▶ Assignment
An exact reproduction of all entries is expected.

▶ Excerpted data
+ + + + + + +

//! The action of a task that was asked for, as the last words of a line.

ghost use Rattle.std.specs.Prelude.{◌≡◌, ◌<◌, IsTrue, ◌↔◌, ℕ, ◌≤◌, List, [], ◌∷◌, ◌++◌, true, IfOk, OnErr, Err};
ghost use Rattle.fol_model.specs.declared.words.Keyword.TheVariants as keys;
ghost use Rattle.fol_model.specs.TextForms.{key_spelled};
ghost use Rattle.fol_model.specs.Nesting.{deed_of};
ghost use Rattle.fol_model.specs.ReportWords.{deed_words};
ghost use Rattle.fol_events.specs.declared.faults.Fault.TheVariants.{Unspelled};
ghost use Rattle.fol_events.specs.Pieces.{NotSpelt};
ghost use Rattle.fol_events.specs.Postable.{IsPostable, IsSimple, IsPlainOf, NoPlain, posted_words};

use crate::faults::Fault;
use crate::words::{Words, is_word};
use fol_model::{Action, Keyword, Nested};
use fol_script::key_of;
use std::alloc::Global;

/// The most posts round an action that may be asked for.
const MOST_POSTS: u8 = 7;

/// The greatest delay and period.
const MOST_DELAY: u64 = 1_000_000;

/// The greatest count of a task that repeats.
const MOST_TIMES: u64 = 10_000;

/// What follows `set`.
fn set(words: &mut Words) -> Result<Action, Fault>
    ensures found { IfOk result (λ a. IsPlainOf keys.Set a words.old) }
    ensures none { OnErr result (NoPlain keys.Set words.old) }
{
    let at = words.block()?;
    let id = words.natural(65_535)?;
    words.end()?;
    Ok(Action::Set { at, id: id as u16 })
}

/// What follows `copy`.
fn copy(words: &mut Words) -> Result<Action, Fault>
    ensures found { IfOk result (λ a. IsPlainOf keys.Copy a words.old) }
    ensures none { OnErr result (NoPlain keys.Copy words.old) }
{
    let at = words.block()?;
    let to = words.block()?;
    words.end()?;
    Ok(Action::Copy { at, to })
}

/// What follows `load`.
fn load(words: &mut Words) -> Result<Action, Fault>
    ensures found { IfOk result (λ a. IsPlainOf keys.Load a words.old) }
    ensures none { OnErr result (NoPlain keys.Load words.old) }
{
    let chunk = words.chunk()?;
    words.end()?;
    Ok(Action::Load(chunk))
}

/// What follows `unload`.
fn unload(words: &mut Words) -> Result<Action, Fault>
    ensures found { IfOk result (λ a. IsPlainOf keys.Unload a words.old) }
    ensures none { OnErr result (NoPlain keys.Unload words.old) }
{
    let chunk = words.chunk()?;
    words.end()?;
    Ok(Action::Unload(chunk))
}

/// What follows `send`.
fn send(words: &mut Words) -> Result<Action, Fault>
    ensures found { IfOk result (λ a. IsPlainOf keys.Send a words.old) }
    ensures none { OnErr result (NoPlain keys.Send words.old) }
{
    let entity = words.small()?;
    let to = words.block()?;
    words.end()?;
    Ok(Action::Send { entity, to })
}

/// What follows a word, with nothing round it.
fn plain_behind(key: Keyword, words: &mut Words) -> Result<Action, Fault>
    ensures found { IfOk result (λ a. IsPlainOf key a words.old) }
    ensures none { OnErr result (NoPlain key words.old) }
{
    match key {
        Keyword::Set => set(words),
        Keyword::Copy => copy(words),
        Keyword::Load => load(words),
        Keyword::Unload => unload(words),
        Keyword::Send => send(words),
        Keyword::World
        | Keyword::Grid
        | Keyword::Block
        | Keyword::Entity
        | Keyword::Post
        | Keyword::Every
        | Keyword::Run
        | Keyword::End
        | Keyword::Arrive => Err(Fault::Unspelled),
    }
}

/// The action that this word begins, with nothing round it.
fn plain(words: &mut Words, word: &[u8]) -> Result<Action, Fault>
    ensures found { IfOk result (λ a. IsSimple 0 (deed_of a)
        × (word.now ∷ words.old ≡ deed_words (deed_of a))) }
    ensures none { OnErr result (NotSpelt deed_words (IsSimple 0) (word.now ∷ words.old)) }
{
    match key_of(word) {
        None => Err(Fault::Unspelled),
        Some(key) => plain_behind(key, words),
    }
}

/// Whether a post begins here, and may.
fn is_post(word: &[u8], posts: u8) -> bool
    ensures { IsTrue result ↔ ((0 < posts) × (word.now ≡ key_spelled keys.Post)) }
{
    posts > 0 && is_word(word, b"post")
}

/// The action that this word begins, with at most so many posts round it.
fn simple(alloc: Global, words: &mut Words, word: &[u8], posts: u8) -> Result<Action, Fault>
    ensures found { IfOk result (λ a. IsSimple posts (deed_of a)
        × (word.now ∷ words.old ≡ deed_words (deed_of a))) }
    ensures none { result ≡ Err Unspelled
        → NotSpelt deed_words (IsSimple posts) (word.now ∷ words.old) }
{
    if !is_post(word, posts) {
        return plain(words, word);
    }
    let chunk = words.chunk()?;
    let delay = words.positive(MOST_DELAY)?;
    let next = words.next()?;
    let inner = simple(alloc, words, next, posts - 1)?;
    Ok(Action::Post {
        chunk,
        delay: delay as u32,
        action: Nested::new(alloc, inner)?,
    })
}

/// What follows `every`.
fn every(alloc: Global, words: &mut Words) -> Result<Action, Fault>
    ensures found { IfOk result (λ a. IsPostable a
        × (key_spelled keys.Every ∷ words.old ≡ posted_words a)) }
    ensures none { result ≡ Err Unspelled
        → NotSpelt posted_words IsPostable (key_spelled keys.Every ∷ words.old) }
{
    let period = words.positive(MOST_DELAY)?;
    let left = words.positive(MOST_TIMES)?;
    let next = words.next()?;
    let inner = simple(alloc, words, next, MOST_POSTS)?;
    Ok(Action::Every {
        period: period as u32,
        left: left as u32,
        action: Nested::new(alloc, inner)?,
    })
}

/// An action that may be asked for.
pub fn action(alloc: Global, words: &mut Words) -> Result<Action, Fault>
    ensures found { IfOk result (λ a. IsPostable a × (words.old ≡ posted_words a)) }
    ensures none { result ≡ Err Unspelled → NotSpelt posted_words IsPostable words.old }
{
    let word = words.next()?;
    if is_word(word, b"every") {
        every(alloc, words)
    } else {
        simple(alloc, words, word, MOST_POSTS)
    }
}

+ + + + + + +

▶ Exercise response
//! The action of a task that was asked for, as the last words of a line.

ghost use Rattle.std.specs.Prelude.{◌≡◌, ◌<◌, IsTrue, ◌↔◌, ℕ, ◌≤◌, List, [], ◌∷◌, ◌++◌, true, IfOk, OnErr, Err};
ghost use Rattle.fol_model.specs.declared.words.Keyword.TheVariants as keys;
ghost use Rattle.fol_model.specs.TextForms.{key_spelled};
ghost use Rattle.fol_model.specs.Nesting.{deed_of};
ghost use Rattle.fol_model.specs.ReportWords.{deed_words};
ghost use Rattle.fol_events.specs.declared.faults.Fault.TheVariants.{Unspelled};
ghost use Rattle.fol_events.specs.Pieces.{NotSpelt};
ghost use Rattle.fol_events.specs.Postable.{IsPostable, IsSimple, IsPlainOf, NoPlain, posted_words};

use crate::faults::Fault;
use crate::words::{Words, is_word};
use fol_model::{Action, Keyword, Nested};
use fol_script::key_of;
use std::alloc::Global;

/// The most posts round an action that may be asked for.
const MOST_POSTS: u8 = 7;

/// The greatest delay and period.
const MOST_DELAY: u64 = 1_000_000;

/// The greatest count of a task that repeats.
const MOST_TIMES: u64 = 10_000;

/// What follows `set`.
fn set(words: &mut Words) -> Result<Action, Fault>
    ensures found { IfOk result (λ a. IsPlainOf keys.Set a words.old) }
    ensures none { OnErr result (NoPlain keys.Set words.old) }
{
    let at = words.block()?;
    let id = words.natural(65_535)?;
    words.end()?;
    Ok(Action::Set { at, id: id as u16 })
}

/// What follows `copy`.
fn copy(words: &mut Words) -> Result<Action, Fault>
    ensures found { IfOk result (λ a. IsPlainOf keys.Copy a words.old) }
    ensures none { OnErr result (NoPlain keys.Copy words.old) }
{
    let at = words.block()?;
    let to = words.block()?;
    words.end()?;
    Ok(Action::Copy { at, to })
}

/// What follows `load`.
fn load(words: &mut Words) -> Result<Action, Fault>
    ensures found { IfOk result (λ a. IsPlainOf keys.Load a words.old) }
    ensures none { OnErr result (NoPlain keys.Load words.old) }
{
    let chunk = words.chunk()?;
    words.end()?;
    Ok(Action::Load(chunk))
}

/// What follows `unload`.
fn unload(words: &mut Words) -> Result<Action, Fault>
    ensures found { IfOk result (λ a. IsPlainOf keys.Unload a words.old) }
    ensures none { OnErr result (NoPlain keys.Unload words.old) }
{
    let chunk = words.chunk()?;
    words.end()?;
    Ok(Action::Unload(chunk))
}

/// What follows `send`.
fn send(words: &mut Words) -> Result<Action, Fault>
    ensures found { IfOk result (λ a. IsPlainOf keys.Send a words.old) }
    ensures none { OnErr result (NoPlain keys.Send words.old) }
{
    let entity = words.small()?;
    let to = words.block()?;
    words.end()?;
    Ok(Action::Send { entity, to })
}

/// What follows a word, with nothing round it.
fn plain_behind(key: Keyword, words: &mut Words) -> Result<Action, Fault>
    ensures found { IfOk result (λ a. IsPlainOf key a words.old) }
    ensures none { OnErr result (NoPlain key words.old) }
{
    match key {
        Keyword::Set => set(words),
        Keyword::Copy => copy(words),
        Keyword::Load => load(words),
        Keyword::Unload => unload(words),
        Keyword::Send => send(words),
        Keyword::World
        | Keyword::Grid
        | Keyword::Block
        | Keyword::Entity
        | Keyword::Post
        | Keyword::Every
        | Keyword::Run
        | Keyword::End
        | Keyword::Arrive => Err(Fault::Unspelled),
    }
}

/// The action that this word begins, with nothing round it.
fn plain(words: &mut Words, word: &[u8]) -> Result<Action, Fault>
    ensures found { IfOk result (λ a. IsSimple 0 (deed_of a)
        × (word.now ∷ words.old ≡ deed_words (deed_of a))) }
    ensures none { OnErr result (NotSpelt deed_words (IsSimple 0) (word.now ∷ words.old)) }
{
    match key_of(word) {
        None => Err(Fault::Unspelled),
        Some(key) => plain_behind(key, words),
    }
}

/// Whether a post begins here, and may.
fn is_post(word: &[u8], posts: u8) -> bool
    ensures { IsTrue result ↔ ((0 < posts) × (word.now ≡ key_spelled keys.Post)) }
{
    posts > 0 && is_word(word, b"post")
}

/// The action that this word begins, with at most so many posts round it.
fn simple(alloc: Global, words: &mut Words, word: &[u8], posts: u8) -> Result<Action, Fault>
    ensures found { IfOk result (λ a. IsSimple posts (deed_of a)
        × (word.now ∷ words.old ≡ deed_words (deed_of a))) }
    ensures none { result ≡ Err Unspelled
        → NotSpelt deed_words (IsSimple posts) (word.now ∷ words.old) }
{
    if !is_post(word, posts) {
        return plain(words, word);
    }
    let chunk = words.chunk()?;
    let delay = words.positive(MOST_DELAY)?;
    let next = words.next()?;
    let inner = simple(alloc, words, next, posts - 1)?;
    Ok(Action::Post {
        chunk,
        delay: delay as u32,
        action: Nested::new(alloc, inner)?,
    })
}

/// What follows `every`.
fn every(alloc: Global, words: &mut Words) -> Result<Action, Fault>
    ensures found { IfOk result (λ a. IsPostable a
        × (key_spelled keys.Every ∷ words.old ≡ posted_words a)) }
    ensures none { result ≡ Err Unspelled
        → NotSpelt posted_words IsPostable (key_spelled keys.Every ∷ words.old) }
{
    let period = words.positive(MOST_DELAY)?;
    let left = words.positive(MOST_TIMES)?;
    let next = words.next()?;
    let inner = simple(alloc, words, next, MOST_POSTS)?;
    Ok(Action::Every {
        period: period as u32,
        left: left as u32,
        action: Nested::new(alloc, inner)?,
    })
}

/// An action that may be asked for.
pub fn action(alloc: Global, words: &mut Words) -> Result<Action, Fault>
    ensures found { IfOk result (λ a. IsPostable a × (words.old ≡ posted_words a)) }
    ensures none { result ≡ Err Unspelled → NotSpelt posted_words IsPostable words.old }
{
    let word = words.next()?;
    if is_word(word, b"every") {
        every(alloc, words)
    } else {
        simple(alloc, words, word, MOST_POSTS)
    }
}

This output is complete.